When I re-attached the monitor back on my primary PC, the lines dissapeared after a while and monitor is back to normal. But I think it's a matter of time before the lines goes permanent. I don't know what happened and how long till this monitor can give up completely.

Anyone experienced such lines on their monitor? Any help would be appreciated.


----------



## amit.tiger12 (Feb 19, 2015)

may be your convertor creating problem. or monitors port problem or motherboard's port problem. I think try to connect VGA to VGA, or HDMI to HDMI.. And see if it works.. try other TV/Monitor or try other motherboard with that monitor..


----------



## Vyom (Feb 19, 2015)

*Re: Dell 19&quot; Monitor showing strange white flickering lines*

I did try the monitor with my secondary PC. Same problem. So it eliminates the motherboard problem.
I also tried VGA to VGA and HDMI to HDMI. I don't use converter.

Don't know when the monitor would give up. 

- - - Updated - - -

Created this thread for planning for new monitor: *www.digit.in/forum/tvs-monitors/190032-new-full-hd-monitor-programming-movies-around-10k.html


----------



## topgear (Feb 28, 2015)

looks like the CFL tubes has gone kaput.


----------



## nRiTeCh (Mar 1, 2015)

This also happens due to electric fluctuations as well. Happened to my lcd couple of times. No need to panic.


----------



## Vyom (Mar 1, 2015)

topgear said:


> looks like the CFL tubes has gone kaput.



But then how did it resolved itself?



joncenawordlife said:


> This also happens due to electric fluctuations as well. Happened to my lcd couple of times. No need to panic.



But the flickering remained for quite a few minutes. It gave me time to properly take snaps and remained while I tested the monitor on another PC.


----------



## topgear (Mar 2, 2015)

Vyom said:


> But then how did it resolved itself?
> 
> 
> 
> But the flickering remained for quite a few minutes. It gave me time to properly take snaps and remained while I tested the monitor on another PC.

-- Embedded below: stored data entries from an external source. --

//! Inward sides that errors enter from outside, to which none comes, or that have no source.

ghost use Rattle.std.specs.Prelude.{◌≡◌, ◌++◌, IfOk, OnOk, false, true};
ghost use Rattle.std.specs.HashSet.{contains};
ghost use Rattle.std.specs.List.{list_any};
ghost use Rattle.model_facts.specs.Facts.{inward_of, is_linked};
ghost use Rattle.model_facts.specs.inner.Tables.{KnowsSides, same_side_key};
ghost use Rattle.model_review.specs.Findings.{dry_with, has_types, if_any, is_asked, is_free, is_used_side, leads_to, turned, turned_links, types_at};
ghost use Rattle.model_review.specs.Seen.{is_used, may_come, number_at};
ghost use Rattle.model_review.specs.declared.finding.Finding.TheVariants.{Dry, Open};

use crate::finding::{Finding, TypesAt, tell_unless};
use crate::flows::inward_of;
use crate::view::{View, declared_for};
use crate::walks::{PointFinding, PointPlace};
use plain_values::{List, Mem};
use propagation_links::{Link, PointAt};
use propagation_points::{Point, Side};
use std::alloc::Global;
use std::collections::HashSet;

/// The sides into which some links lead.
#[derive(Drop)]
pub(crate) struct Linked {
    sides: HashSet<(u32, u32, bool)>,
}

impl Linked {
    /// Where these are the links.
    pub(crate) fn of(alloc: Global, links: &[Link]) -> Mem<Linked>
        ensures { IfOk result (λ linked. KnowsSides links.now (contains same_side_key linked.sides)) }
    {
        let mut sides = HashSet::new(alloc);
        for link in links {
            let to = link.to;
            sides.insert((to.component, to.point, to.outward))?;
        }
        Ok(Linked { sides })
    }

    /// Whether a link leads into the inward side of a point.
    fn has(&self, owner: u32, number: u32) -> bool
        ensures { result ≡ contains same_side_key self.now.sides (owner, number, false) }
    {
        self.sides.contains(&(owner, number, false))
    }
}

// ---- open ends

/// The types that are declared for the inward side of a point, if there are any, and no link leads there.
#[derive(Drop)]
pub(crate) struct OpenEnds<'l>(pub &'l Linked);

impl<'l> PointFinding for OpenEnds<'l> {
    ghost use Rattle.std.specs.HashSet.{contains};
    ghost use Rattle.model_facts.specs.inner.Tables.{KnowsSides, same_side_key};
    ghost use Rattle.model_review.specs.Findings.{open_at};

    ghost fits = { λ told seen. KnowsSides seen.numbered.assembly.links (contains same_side_key told.0.now.sides) };

    ghost finding = { λ _. open_at };

    fn tell(
        &self,
        alloc: Global,
        found: &mut List<Finding>,
        view: &View,
        at: PointPlace,
        point: &Point,
    ) -> Mem<()> {
        if is_linked(view, self.0, at) {
            return Ok(());
        }
        match declared_for(point.side(false)) {
            Some(types) => add_arrivals(alloc, found, inward_of(at.owner, at.number), types),
            None => Ok(()),
        }
    }
}

/// Whether a link leads into the inward side of a point.
fn is_linked(view: &View, linked: &Linked, at: PointPlace) -> bool
    requires { KnowsSides view.now.numbered.assembly.links (contains same_side_key linked.now.sides) }
    ensures { result ≡ is_linked view.now.numbered.assembly.links (inward_of at.owner at.number) }
{
    let _ = view;
    linked.has(at.owner, at.number)
}

fn add_arrivals(
    alloc: Global,
    found: &mut List<Finding>,
    side: PointAt,
    declared: &[u32],
) -> Mem<()>
    ensures { OnOk result (found.new ≡ found.old ++ if_any (λ types. Open (types_at side types)) declared.now) }
{
    let types = List::of(Vec::from_slice(alloc, declared)?)?;
    let at = TypesAt { side, types };
    tell_unless(found, at.is_empty(), Finding::Open(at))
}

// ---- sides to which nothing comes

/// The types that are declared for the inward side of a point, if there are any, a link leads there, and none of them may come.
#[derive(Drop)]
pub(crate) struct DrySides<'l>(pub &'l Linked);

impl<'l> PointFinding for DrySides<'l> {
    ghost use Rattle.std.specs.HashSet.{contains};
    ghost use Rattle.model_facts.specs.inner.Tables.{KnowsSides, same_side_key};
    ghost use Rattle.model_review.specs.Findings.{dry_at};

    ghost fits = { λ told seen. KnowsSides seen.numbered.assembly.links (contains same_side_key told.0.now.sides) };

    ghost finding = { λ _. dry_at };

    fn tell(
        &self,
        alloc: Global,
        found: &mut List<Finding>,
        view: &View,
        at: PointPlace,
        point: &Point,
    ) -> Mem<()> {
        if !is_linked(view, self.0, at) {
            return Ok(());
        }
        match declared_for(point.side(false)) {
            Some(types) => add_dry(alloc, found, view, inward_of(at.owner, at.number), types),
            None => Ok(()),
        }
    }
}

/// Adds these types at a side, unless one of them may come there.
fn add_dry(
    alloc: Global,
    found: &mut List<Finding>,
    view: &View,
    side: PointAt,
    declared: &[u32],
) -> Mem<()>
    ensures { OnOk result (found.new ≡ found.old ++ dry_with view.now side declared.now) }
{
    if some_come(view, side, declared) {
        return Ok(());
    }
    let types = List::of(Vec::from_slice(alloc, declared)?)?;
    let at = TypesAt { side, types };
    tell_unless(found, at.is_empty(), Finding::Dry(at))
}

/// Whether one of these types may come at a side.
fn some_come(view: &View, side: PointAt, types: &[u32]) -> bool
    ensures { result ≡ list_any (λ type. may_come view.now (number_at view.now side type)) types.now }
{
    types.iter().any(|kind| comes_at(view, side, *kind))
}

/// Whether a type may come at a side.
fn comes_at(view: &View, side: PointAt, kind: u32) -> bool
    ensures { result ≡ may_come view.now (number_at view.now side kind) }
{
    view.may_come(view.fact_at(side, kind))
}

// ---- sides without a source

/// The inward side of a point without declared types, if no link leads there and something looks at it. It has the sides into which links lead,
/// and those from which they lead to sides with and without declared types.
#[derive(Drop)]
pub(crate) struct NoSources<'l> {
    linked: &'l Linked,
    to_declared: Linked,
    to_free: Linked,
}

impl<'l> NoSources<'l> {
    /// Where these are the sides into which the links of a model lead.
    pub(crate) fn of(alloc: Global, view: &View, linked: &'l Linked) -> Mem<NoSources<'l>>
        ensures linked { IfOk result (λ told. told.linked.now ≡ linked.now) }
        ensures declared { IfOk result (λ told. KnowsSides (turned_links view.now true) (contains same_side_key told.to_declared.sides)) }
        ensures free { IfOk result (λ told. KnowsSides (turned_links view.now false) (contains same_side_key told.to_free.sides)) }
    {
        let to_declared = sources_of(alloc, view, true)?;
        let to_free = sources_of(alloc, view, false)?;
        Ok(NoSources {
            linked,
            to_declared,
            to_free,
        })
    }
}

/// The sides from which links lead to sides with declared types, or to those without.
fn sources_of(alloc: Global, view: &View, declared: bool) -> Mem<Linked>
    ensures { IfOk result (λ linked. KnowsSides (turned_links view.now declared) (contains same_side_key linked.sides)) }
{
    let links = turned_links(alloc, view, declared)?;
    Linked::of(alloc, links.items())
}

/// The links that lead to sides with declared types, or those that lead to sides without, turned round.
fn turned_links(alloc: Global, view: &View, declared: bool) -> Mem<List<Link>>
    ensures { IfOk result (λ links. links ≡ turned_links view.now declared) }
{
    let mut links = List::new(alloc);
    for link in view.links() {
        let is_so = has_types(view, link.to) == declared;
        links.push_if(turned(*link), is_so)?;
    }
    Ok(links)
}

fn turned(link: Link) -> Link
    ensures { result ≡ turned link }
{
    Link {
        from: link.to,
        to: link.from,
    }
}

/// Whether types are declared for a side.
fn has_types(view: &View, side: PointAt) -> bool
    ensures { result ≡ has_types view.now side }
{
    match view.declared(side) {
        Some(_) => true,
        None => false,
    }
}

impl<'l> PointFinding for NoSources<'l> {
    ghost use Rattle.std.specs.Prelude.{true, false};
    ghost use Rattle.std.specs.HashSet.{contains};
    ghost use Rattle.model_facts.specs.inner.Tables.{KnowsSides, same_side_key};
    ghost use Rattle.model_review.specs.Findings.{no_source_at, turned_links};

    ghost fits = { λ told seen. KnowsSides seen.numbered.assembly.links (contains same_side_key told.linked.now.sides)
        × KnowsSides (turned_links seen true) (contains same_side_key told.to_declared.sides)
        × KnowsSides (turned_links seen false) (contains same_side_key told.to_free.sides) };

    ghost finding = { λ _. no_source_at };

    fn tell(
        &self,
        alloc: Global,
        found: &mut List<Finding>,
        view: &View,
        at: PointPlace,
        point: &Point,
    ) -> Mem<()> {
        let _ = alloc;
        let is_told = is_free(point.side(false))
            && !is_linked(view, self.linked, at)
            && is_asked(view, &self.to_declared, &self.to_free, at);
        found.push_if(Finding::NoSource(inward_of(at.owner, at.number)), is_told)?;
        Ok(())
    }
}

/// Whether a side is one for which no types are declared.
fn is_free(side: &Side) -> bool
    ensures { result ≡ is_free side.now }
{
    match side {
        Side::Free => true,
        Side::Absent | Side::Declared(_) => false,
    }
}

/// Whether something looks at the inward side of a point.
fn is_asked(view: &View, to_declared: &Linked, to_free: &Linked, at: PointPlace) -> bool
    requires declared { KnowsSides (turned_links view.now true) (contains same_side_key to_declared.now.sides) }
    requires free { KnowsSides (turned_links view.now false) (contains same_side_key to_free.now.sides) }
    ensures { result ≡ is_asked view.now (inward_of at.owner at.number) }
{
    leads_to(view, true, to_declared, at)
        || (!leads_to(view, false, to_free, at)
            && is_used_side(view, inward_of(at.owner, at.number)))
}

/// Whether a link leads from the inward side of a point to one with declared types, or to one without.
fn leads_to(view: &View, declared: bool, sides: &Linked, at: PointPlace) -> bool
    requires { KnowsSides (turned_links view.now declared) (contains same_side_key sides.now.sides) }
    ensures { result ≡ leads_to view.now declared (inward_of at.owner at.number) }
{
    let _ = view;
    let _ = declared;
    sides.has(at.owner, at.number)
}

/// Whether a type that may be at a side occurs there in a formula.
fn is_used_side(view: &View, side: PointAt) -> bool
    ensures { result ≡ is_used_side view.now side }
{
    some_used(view, side, view.types(side))
}

/// Whether one of these types occurs at a side in a formula.
fn some_used(view: &View, side: PointAt, types: &[u32]) -> bool
    ensures { result ≡ list_any (λ type. is_used view.now (number_at view.now side type)) types.now }
{
    types.iter().any(|kind| is_used_at(view, side, *kind))
}

/// Whether a type occurs at a side in a formula.
fn is_used_at(view: &View, side: PointAt, kind: u32) -> bool
    ensures { result ≡ is_used view.now (number_at view.now side kind) }
{
    view.uses(view.fact_at(side, kind))
}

can't say for sure but saw one benq and one viewsonic gone bad this way.


----------



## nikhilsharma007nikx (Mar 6, 2015)

Call the company guy if under warranty, the frequency of the problem will increase day by day, its like rabies(no funny, just giving you an example). The cause of problem is unknown to me however, it may be due to the internal circuit of the monitor which provides signal to the monitor. It could be a case of sudden attack, like it wont happen again and monitor would survive for years.


----------



## baban4u (Apr 30, 2015)

Try changing the Cable that connects the CPU with the Monitor. I faced the same problem with my Dell Monitor and was resolved by changing the cable.


----------



## kkn13 (Apr 30, 2015)

I had a similar issue with my laptop display
Im afraid,this issue will come back and become persistent going by the screens you posted
I suggest you get it checked out if under warranty 
theres no chance of it being a mobo/gpu issue or a cable or port issue because you tried it with multiple input-outputs with VGA,HDMI
its definately the display itself


----------



## Aditya Tolikar (Jun 2, 2015)

Vyom said:


> But the flickering remained for quite a few minutes. It gave me time to properly take snaps and remained while I tested the monitor on another PC.



If you had been powering it by the same socket at both times and if you had tried the other pc in that interval then there is a high chance of that being due to electrical fluctuations. If you have a spare stabilizer then try it out the next time you encounter this problem.
If it remains even with the stabilizer on, then you got something to worry about.


----------



## whitestar_999 (Jun 2, 2015)

[MENTION=77264]Vyom[/MENTION],reopen this thread if you feel the need.


----------



## Vyom (Jun 2, 2015)

Thanks whitestar_999. 

I would just like to close this thread by mentioning that I didn't encounter the flickering issue after it seems to auto resolve. I would use this monitor until the lines appear again.


----------